**About this exercise:**
Among the lines below, which ones contain the word "founds"? Copy every such line.

-*-*-

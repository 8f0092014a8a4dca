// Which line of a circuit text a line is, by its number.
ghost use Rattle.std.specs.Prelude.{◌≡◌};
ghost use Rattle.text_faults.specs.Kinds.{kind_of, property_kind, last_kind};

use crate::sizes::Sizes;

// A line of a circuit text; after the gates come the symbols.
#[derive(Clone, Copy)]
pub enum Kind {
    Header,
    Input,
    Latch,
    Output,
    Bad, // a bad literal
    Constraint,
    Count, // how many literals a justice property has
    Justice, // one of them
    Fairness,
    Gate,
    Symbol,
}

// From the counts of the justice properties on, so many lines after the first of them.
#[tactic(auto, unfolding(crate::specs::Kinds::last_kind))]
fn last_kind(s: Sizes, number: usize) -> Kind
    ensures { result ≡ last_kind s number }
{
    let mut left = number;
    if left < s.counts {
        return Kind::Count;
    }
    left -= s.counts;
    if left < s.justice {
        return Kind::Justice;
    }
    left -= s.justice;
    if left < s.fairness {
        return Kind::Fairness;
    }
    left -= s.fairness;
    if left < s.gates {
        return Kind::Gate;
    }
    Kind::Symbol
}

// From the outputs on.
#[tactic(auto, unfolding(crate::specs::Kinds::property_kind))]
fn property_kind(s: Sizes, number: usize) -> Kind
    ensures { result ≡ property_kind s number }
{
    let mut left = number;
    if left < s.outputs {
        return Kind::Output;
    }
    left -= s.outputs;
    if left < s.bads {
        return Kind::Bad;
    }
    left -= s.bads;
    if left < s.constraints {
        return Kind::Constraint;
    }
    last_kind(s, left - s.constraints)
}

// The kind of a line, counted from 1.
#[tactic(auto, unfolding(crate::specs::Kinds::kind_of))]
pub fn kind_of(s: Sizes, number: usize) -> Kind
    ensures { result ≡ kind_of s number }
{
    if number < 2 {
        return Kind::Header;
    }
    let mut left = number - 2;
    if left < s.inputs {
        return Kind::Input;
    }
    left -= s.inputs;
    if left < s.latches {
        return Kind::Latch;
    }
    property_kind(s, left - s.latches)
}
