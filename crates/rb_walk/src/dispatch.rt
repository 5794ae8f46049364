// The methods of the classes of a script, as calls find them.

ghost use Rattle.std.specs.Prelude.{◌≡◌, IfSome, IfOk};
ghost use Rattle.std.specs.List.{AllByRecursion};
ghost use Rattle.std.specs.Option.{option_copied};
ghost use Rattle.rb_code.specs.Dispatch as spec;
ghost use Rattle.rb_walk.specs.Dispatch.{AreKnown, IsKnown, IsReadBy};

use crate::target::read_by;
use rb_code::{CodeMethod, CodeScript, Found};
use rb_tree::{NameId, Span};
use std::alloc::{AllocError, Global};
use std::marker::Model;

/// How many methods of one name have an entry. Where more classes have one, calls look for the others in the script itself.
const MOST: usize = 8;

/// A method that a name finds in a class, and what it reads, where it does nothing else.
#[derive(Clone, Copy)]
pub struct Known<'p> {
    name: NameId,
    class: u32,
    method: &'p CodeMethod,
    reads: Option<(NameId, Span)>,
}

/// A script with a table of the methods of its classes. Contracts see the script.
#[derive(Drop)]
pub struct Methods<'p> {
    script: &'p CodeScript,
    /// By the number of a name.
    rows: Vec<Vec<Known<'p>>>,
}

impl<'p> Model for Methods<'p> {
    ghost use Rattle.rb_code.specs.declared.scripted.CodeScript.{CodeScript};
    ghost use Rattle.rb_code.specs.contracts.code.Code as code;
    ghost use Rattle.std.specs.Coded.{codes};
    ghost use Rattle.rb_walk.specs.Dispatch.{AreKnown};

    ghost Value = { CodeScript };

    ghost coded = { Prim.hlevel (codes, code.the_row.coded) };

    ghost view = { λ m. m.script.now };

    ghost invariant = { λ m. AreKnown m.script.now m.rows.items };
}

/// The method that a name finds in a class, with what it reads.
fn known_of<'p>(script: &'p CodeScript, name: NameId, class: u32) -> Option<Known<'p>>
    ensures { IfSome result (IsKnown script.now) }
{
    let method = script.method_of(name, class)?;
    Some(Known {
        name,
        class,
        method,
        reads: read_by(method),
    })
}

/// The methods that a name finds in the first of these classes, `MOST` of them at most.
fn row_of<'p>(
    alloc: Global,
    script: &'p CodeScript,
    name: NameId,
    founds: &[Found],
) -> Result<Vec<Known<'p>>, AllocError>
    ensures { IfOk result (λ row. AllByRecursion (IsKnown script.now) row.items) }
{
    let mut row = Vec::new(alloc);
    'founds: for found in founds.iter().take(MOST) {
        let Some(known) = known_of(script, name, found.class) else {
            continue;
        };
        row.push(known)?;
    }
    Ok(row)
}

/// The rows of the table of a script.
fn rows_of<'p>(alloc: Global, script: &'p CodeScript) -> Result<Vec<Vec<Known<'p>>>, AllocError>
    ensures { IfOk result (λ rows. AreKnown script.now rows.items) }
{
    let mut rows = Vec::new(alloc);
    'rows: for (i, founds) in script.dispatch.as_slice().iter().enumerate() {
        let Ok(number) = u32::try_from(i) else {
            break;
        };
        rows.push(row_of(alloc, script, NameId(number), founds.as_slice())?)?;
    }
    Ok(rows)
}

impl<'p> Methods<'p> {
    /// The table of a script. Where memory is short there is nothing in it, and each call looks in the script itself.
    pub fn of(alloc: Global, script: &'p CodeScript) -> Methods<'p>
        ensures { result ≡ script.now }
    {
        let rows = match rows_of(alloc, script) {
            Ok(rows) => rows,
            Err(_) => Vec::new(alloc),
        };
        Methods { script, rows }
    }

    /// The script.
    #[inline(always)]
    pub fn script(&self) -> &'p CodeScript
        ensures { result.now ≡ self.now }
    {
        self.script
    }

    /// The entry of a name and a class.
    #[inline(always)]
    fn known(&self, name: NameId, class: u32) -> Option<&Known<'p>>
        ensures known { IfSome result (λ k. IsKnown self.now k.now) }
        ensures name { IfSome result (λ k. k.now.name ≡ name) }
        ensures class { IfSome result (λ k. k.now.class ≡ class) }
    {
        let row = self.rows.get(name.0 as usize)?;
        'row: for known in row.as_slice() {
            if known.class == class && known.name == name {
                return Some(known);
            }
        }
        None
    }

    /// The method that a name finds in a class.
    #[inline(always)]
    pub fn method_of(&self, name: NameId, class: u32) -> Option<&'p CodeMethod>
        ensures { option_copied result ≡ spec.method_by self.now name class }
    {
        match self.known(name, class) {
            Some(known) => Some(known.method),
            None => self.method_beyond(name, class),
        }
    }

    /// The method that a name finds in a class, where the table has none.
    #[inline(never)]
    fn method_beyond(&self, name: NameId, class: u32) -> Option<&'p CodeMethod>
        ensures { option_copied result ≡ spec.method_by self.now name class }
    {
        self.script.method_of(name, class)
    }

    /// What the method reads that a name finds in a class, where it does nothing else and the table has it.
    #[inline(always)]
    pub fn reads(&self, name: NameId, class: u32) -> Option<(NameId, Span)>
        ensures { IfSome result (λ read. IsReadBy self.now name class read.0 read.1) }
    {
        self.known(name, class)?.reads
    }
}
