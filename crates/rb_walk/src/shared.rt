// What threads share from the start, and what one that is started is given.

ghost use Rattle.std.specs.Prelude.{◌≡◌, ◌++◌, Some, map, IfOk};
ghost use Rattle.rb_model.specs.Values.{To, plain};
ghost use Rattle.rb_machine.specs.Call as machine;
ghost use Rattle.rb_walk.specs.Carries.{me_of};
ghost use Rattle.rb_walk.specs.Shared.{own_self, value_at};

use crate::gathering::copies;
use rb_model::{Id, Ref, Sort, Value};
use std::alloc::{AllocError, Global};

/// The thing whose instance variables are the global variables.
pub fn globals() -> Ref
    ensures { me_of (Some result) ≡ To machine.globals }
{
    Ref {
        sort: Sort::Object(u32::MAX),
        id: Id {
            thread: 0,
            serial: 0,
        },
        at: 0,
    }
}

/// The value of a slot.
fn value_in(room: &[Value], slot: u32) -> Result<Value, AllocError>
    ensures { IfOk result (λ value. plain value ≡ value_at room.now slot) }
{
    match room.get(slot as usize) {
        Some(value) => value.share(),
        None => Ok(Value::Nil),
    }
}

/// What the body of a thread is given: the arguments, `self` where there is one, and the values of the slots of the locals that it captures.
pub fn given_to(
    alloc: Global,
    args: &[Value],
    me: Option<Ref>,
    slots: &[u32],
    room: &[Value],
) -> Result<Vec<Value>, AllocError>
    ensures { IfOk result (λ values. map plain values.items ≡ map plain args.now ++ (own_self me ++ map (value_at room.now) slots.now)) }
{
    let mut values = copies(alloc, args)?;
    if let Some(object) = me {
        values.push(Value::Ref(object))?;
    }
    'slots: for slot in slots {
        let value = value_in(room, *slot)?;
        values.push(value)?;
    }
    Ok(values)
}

-*-*-

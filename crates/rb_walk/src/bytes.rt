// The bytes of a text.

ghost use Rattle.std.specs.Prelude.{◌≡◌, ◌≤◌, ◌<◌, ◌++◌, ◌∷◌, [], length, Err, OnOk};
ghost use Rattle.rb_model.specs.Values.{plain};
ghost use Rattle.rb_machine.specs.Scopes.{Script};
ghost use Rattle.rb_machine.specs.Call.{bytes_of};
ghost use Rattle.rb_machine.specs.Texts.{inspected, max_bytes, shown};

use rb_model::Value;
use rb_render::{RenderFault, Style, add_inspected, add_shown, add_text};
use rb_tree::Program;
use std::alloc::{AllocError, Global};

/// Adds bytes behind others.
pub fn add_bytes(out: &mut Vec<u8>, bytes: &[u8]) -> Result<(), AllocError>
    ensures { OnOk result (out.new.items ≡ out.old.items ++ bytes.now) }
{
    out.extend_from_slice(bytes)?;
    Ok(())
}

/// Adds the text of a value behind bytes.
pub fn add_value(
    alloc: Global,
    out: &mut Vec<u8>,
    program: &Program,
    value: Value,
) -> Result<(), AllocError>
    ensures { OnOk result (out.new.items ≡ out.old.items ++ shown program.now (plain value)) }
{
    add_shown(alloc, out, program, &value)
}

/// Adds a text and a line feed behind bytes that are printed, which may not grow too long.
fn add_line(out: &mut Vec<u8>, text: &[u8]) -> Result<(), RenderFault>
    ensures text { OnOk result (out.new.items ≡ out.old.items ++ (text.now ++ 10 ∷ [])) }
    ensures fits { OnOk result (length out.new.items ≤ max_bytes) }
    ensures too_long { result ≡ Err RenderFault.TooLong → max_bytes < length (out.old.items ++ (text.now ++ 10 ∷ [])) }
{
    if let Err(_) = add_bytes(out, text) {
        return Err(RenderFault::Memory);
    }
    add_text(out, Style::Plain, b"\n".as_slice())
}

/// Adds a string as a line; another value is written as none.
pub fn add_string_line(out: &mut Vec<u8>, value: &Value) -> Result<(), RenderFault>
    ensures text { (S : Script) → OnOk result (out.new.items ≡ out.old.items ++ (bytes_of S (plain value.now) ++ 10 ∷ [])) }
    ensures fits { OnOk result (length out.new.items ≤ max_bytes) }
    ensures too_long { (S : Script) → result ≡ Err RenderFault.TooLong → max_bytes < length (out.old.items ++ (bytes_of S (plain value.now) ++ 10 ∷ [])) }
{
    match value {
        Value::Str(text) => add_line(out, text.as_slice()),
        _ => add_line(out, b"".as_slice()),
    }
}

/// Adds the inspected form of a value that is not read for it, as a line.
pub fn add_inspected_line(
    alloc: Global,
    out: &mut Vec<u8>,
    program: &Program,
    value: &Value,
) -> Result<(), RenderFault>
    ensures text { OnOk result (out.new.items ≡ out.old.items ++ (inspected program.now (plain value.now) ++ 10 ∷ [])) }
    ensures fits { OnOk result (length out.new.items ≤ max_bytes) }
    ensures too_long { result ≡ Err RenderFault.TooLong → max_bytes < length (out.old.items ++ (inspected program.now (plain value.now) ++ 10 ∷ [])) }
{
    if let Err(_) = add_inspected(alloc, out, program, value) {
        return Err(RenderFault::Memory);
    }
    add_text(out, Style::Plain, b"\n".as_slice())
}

-*-*-

**Answer box:**
    founds: &[Found],
    'founds: for found in founds.iter().take(MOST) {
    'rows: for (i, founds) in script.dispatch.as_slice().iter().enumerate() {
        rows.push(row_of(alloc, script, NameId(number), founds.as_slice())?)?;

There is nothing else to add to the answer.